(Data extracted from a collection)
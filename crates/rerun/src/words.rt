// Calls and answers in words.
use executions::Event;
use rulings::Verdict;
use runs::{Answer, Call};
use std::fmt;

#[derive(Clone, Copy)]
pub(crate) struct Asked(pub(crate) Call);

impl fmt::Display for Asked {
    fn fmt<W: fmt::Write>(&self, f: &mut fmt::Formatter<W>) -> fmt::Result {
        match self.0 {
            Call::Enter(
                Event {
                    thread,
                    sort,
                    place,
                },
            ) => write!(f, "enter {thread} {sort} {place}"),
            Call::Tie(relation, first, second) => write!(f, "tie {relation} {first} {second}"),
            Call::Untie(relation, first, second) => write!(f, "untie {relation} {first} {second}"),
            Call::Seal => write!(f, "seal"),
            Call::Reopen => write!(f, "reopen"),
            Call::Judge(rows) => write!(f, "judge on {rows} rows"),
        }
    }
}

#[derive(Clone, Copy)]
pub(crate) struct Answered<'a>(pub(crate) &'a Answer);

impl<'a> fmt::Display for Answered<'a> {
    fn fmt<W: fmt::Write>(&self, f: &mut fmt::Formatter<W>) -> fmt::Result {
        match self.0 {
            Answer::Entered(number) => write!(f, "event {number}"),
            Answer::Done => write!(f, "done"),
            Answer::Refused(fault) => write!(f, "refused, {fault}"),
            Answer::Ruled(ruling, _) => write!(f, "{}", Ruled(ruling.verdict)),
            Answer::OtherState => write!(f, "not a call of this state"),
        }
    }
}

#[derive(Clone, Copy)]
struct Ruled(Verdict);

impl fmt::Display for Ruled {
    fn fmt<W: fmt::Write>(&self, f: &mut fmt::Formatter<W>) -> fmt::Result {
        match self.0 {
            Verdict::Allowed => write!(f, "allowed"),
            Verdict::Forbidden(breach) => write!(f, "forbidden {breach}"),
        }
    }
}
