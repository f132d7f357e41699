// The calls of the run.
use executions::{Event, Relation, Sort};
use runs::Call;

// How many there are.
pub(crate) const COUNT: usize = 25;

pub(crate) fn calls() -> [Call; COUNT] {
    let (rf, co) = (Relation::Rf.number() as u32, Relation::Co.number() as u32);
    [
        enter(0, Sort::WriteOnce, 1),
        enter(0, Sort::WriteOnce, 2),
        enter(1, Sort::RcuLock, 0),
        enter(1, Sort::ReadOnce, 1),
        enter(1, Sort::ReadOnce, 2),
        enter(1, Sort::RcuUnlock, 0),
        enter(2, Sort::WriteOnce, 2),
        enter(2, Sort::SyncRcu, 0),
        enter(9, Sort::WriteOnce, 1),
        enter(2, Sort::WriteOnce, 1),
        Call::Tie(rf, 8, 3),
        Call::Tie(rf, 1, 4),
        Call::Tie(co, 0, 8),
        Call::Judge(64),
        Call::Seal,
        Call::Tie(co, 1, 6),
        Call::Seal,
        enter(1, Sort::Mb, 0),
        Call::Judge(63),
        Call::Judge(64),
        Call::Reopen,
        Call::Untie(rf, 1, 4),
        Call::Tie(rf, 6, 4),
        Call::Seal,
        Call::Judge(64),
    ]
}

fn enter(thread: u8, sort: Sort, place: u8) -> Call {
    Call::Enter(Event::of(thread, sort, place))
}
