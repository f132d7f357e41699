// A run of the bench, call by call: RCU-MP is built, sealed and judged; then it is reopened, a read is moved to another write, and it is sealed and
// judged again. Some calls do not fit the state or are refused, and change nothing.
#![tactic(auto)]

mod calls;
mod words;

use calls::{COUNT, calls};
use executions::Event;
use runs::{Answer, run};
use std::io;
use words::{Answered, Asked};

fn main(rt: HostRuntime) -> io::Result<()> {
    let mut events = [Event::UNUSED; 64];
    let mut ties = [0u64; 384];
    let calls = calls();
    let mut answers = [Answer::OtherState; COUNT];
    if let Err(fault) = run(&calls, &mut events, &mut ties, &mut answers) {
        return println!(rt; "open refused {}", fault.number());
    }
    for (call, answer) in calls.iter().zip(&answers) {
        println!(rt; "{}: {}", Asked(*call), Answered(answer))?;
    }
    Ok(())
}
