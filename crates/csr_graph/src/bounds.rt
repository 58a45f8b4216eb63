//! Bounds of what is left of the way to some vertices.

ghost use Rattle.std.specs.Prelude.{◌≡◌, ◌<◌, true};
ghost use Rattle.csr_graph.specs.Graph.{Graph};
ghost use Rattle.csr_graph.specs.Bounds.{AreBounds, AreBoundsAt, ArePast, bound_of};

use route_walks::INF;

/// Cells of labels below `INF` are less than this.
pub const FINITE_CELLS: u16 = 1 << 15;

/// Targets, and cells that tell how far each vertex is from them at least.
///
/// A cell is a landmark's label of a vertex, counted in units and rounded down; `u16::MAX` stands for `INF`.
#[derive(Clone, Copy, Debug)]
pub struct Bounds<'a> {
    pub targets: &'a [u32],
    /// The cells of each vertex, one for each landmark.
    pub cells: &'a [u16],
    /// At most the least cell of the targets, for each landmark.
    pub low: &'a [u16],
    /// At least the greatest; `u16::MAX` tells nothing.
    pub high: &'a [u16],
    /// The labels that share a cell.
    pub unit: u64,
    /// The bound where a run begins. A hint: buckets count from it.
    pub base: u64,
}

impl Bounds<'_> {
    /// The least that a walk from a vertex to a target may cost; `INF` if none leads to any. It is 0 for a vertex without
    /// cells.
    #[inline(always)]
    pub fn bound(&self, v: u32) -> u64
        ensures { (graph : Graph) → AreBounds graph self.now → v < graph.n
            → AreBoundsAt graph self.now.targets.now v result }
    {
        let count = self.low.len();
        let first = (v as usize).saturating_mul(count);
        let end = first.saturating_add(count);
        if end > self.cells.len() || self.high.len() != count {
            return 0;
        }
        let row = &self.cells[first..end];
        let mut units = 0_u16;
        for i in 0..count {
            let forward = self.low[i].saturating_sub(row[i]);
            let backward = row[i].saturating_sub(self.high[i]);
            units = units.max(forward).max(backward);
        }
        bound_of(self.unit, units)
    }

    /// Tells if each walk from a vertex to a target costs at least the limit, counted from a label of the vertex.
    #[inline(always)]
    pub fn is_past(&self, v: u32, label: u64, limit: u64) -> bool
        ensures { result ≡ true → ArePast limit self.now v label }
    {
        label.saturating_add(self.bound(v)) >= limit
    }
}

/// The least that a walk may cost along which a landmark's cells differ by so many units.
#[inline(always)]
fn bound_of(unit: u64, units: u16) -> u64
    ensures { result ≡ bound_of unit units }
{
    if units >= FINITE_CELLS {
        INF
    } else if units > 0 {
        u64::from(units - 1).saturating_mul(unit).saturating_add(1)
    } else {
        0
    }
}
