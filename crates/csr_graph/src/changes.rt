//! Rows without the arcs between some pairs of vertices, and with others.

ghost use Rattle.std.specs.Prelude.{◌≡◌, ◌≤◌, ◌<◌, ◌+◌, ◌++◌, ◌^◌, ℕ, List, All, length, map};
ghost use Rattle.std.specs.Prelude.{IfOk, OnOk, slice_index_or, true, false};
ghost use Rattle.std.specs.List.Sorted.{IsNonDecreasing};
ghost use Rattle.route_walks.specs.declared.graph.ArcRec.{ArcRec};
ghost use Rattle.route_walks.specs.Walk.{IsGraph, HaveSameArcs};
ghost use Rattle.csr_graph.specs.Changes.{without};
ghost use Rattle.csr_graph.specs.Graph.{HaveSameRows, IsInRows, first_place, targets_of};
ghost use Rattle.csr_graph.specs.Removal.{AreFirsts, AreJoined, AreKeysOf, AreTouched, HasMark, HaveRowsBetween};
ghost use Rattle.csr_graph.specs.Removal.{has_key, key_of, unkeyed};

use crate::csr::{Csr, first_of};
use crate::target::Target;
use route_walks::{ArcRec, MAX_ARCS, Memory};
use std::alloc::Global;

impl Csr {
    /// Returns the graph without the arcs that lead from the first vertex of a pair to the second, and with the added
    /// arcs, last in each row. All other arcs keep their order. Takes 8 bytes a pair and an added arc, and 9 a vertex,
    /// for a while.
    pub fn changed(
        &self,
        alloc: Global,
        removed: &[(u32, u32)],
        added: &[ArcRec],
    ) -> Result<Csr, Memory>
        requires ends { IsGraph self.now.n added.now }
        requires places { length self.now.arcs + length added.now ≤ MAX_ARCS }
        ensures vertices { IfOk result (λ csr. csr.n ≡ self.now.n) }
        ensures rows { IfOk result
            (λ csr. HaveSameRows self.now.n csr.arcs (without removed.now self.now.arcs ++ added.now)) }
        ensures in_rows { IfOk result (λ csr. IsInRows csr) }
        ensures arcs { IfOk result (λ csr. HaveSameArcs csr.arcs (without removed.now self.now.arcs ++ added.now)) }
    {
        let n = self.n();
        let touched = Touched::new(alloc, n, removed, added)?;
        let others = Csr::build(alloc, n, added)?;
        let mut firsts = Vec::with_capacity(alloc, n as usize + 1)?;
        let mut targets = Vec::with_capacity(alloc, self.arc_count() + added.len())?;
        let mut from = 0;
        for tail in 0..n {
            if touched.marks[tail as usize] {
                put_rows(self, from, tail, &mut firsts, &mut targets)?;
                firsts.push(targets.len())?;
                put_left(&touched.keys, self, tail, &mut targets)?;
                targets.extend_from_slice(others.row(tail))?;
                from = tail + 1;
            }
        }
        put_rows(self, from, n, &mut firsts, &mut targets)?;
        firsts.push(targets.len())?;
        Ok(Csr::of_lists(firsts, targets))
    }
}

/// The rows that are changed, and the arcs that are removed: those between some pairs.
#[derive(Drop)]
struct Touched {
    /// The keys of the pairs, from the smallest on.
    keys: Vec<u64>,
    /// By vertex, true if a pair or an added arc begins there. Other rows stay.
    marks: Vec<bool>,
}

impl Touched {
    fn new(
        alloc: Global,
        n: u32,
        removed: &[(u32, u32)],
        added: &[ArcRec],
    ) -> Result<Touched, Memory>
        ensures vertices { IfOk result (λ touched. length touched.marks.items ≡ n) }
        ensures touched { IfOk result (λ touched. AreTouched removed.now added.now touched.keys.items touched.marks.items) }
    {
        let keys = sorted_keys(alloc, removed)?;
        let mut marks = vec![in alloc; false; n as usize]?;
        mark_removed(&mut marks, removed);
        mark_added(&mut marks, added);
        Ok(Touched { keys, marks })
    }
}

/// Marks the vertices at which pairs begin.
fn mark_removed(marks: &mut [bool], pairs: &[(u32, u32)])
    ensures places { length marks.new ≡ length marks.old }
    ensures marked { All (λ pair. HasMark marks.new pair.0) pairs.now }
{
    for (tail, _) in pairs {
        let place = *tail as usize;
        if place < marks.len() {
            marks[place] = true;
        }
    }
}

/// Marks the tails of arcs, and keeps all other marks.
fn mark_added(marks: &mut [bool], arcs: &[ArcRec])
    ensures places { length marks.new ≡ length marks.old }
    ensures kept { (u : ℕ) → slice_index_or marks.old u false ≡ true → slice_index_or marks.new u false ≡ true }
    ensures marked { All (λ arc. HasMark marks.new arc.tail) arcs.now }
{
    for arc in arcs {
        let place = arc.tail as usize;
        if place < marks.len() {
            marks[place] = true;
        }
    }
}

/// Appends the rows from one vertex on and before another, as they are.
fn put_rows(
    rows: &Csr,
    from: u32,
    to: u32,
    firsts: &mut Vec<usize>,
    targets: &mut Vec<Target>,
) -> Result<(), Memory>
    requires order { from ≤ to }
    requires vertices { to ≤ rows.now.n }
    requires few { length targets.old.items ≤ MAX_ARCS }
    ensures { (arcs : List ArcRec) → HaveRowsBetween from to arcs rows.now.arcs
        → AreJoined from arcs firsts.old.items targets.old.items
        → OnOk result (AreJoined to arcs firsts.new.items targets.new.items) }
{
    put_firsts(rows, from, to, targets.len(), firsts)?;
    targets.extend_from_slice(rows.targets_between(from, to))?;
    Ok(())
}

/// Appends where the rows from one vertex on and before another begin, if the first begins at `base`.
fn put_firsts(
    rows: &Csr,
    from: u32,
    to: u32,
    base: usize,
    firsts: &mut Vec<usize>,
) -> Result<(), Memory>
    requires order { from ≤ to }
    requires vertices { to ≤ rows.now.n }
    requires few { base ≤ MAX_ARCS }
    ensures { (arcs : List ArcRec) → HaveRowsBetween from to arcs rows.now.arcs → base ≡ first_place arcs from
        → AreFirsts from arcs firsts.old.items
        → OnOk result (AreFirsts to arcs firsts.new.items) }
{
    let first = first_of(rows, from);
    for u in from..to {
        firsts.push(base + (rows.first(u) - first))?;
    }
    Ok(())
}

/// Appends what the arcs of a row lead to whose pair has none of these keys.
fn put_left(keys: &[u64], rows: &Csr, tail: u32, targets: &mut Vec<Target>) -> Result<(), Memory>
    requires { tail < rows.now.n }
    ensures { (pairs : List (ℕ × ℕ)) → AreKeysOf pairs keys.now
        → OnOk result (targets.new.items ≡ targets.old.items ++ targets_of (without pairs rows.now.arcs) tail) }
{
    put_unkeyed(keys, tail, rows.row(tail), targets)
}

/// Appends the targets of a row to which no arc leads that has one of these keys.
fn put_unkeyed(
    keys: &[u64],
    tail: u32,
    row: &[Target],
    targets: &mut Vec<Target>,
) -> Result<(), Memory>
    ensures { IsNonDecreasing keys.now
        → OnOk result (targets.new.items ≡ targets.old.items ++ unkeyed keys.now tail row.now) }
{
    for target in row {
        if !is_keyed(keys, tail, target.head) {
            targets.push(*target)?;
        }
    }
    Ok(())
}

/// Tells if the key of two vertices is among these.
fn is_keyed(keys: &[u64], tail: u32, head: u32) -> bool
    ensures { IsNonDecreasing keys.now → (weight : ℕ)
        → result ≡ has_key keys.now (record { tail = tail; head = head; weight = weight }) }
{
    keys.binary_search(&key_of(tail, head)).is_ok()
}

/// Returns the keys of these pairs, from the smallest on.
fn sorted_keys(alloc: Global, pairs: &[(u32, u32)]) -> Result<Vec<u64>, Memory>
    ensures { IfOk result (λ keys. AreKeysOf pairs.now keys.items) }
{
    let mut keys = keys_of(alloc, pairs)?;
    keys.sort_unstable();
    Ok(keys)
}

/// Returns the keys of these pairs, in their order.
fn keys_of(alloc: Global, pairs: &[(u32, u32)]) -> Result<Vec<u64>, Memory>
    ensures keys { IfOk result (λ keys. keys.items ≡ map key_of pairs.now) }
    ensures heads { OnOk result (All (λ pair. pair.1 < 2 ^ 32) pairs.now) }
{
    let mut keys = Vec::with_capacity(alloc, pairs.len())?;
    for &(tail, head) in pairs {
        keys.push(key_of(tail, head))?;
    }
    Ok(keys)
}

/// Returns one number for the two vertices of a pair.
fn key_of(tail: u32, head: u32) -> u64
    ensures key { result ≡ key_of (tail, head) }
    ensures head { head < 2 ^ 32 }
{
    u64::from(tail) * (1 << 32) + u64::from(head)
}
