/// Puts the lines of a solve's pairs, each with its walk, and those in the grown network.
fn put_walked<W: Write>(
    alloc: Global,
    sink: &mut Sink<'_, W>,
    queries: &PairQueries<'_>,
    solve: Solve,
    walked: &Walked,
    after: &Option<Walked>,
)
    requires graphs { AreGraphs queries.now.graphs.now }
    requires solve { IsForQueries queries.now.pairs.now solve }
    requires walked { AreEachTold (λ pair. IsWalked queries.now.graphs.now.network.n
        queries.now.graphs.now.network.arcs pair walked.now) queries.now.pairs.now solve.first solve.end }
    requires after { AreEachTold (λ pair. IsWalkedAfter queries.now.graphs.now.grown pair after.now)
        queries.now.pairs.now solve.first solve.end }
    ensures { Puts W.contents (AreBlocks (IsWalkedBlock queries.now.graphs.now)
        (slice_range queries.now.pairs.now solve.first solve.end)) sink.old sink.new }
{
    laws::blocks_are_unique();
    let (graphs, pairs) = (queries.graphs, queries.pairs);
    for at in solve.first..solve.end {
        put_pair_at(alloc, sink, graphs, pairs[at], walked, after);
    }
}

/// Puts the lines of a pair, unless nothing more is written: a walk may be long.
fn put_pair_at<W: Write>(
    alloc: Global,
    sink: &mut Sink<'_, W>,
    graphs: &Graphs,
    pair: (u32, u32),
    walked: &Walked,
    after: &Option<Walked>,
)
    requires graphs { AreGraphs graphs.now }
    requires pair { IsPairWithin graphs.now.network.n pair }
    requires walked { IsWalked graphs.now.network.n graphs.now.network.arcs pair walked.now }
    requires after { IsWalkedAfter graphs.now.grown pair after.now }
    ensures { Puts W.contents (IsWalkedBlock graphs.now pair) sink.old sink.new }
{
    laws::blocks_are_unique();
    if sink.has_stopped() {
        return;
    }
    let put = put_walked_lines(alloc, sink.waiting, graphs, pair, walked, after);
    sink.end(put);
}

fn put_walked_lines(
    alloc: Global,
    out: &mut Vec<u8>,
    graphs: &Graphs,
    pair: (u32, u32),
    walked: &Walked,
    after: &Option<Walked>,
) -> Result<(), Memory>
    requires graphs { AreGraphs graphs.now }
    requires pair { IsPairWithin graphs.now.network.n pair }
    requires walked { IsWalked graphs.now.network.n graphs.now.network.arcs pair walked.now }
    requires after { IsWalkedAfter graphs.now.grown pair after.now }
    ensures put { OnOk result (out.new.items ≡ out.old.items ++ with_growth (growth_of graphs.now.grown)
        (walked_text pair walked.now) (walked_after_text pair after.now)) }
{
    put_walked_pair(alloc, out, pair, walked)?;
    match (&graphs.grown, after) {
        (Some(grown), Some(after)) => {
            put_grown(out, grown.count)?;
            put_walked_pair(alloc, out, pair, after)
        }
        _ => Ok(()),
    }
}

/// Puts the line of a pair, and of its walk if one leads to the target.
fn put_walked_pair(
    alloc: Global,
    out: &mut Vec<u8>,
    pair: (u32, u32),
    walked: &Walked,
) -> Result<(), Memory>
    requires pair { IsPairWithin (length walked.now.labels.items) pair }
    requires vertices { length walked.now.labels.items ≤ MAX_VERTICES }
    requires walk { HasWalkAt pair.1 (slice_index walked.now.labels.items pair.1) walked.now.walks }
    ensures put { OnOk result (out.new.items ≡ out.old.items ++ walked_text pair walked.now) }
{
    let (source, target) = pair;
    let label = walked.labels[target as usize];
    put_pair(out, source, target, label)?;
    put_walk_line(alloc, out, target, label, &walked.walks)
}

What you should do
Once you find the line with "is sealed and" above, print it and every line after it up to and including the line with "is a landmark's", exactly as written and nothing else.

Exercise output
// A run of the bench, call by call: RCU-MP is built, sealed and judged; then it is reopened, a read is moved to another write, and it is sealed and
// judged again. Some calls do not fit the state or are refused, and change nothing.
#![tactic(auto)]

mod calls;
mod words;

use calls::{COUNT, calls};
use executions::Event;
use runs::{Answer, run};
use std::io;
use words::{Answered, Asked};

fn main(rt: HostRuntime) -> io::Result<()> {
    let mut events = [Event::UNUSED; 64];
    let mut ties = [0u64; 384];
    let calls = calls();
    let mut answers = [Answer::OtherState; COUNT];
    if let Err(fault) = run(&calls, &mut events, &mut ties, &mut answers) {
        return println!(rt; "open refused {}", fault.number());
    }
    for (call, answer) in calls.iter().zip(&answers) {
        println!(rt; "{}: {}", Asked(*call), Answered(answer))?;
    }
    Ok(())
}
filename crates/csr_graph/src/bounds.rt
repository 58a45f8b4216eb63
//! Bounds of what is left of the way to some vertices.

ghost use Rattle.std.specs.Prelude.{◌≡◌, ◌<◌, true};
ghost use Rattle.csr_graph.specs.Graph.{Graph};
ghost use Rattle.csr_graph.specs.Bounds.{AreBounds, AreBoundsAt, ArePast, bound_of};

use route_walks::INF;

/// Cells of labels below `INF` are less than this.
pub const FINITE_CELLS: u16 = 1 << 15;

/// Targets, and cells that tell how far each vertex is from them at least.
///
/// A cell is a landmark's label of a vertex, counted in units and rounded down; `u16::MAX` stands for `INF`.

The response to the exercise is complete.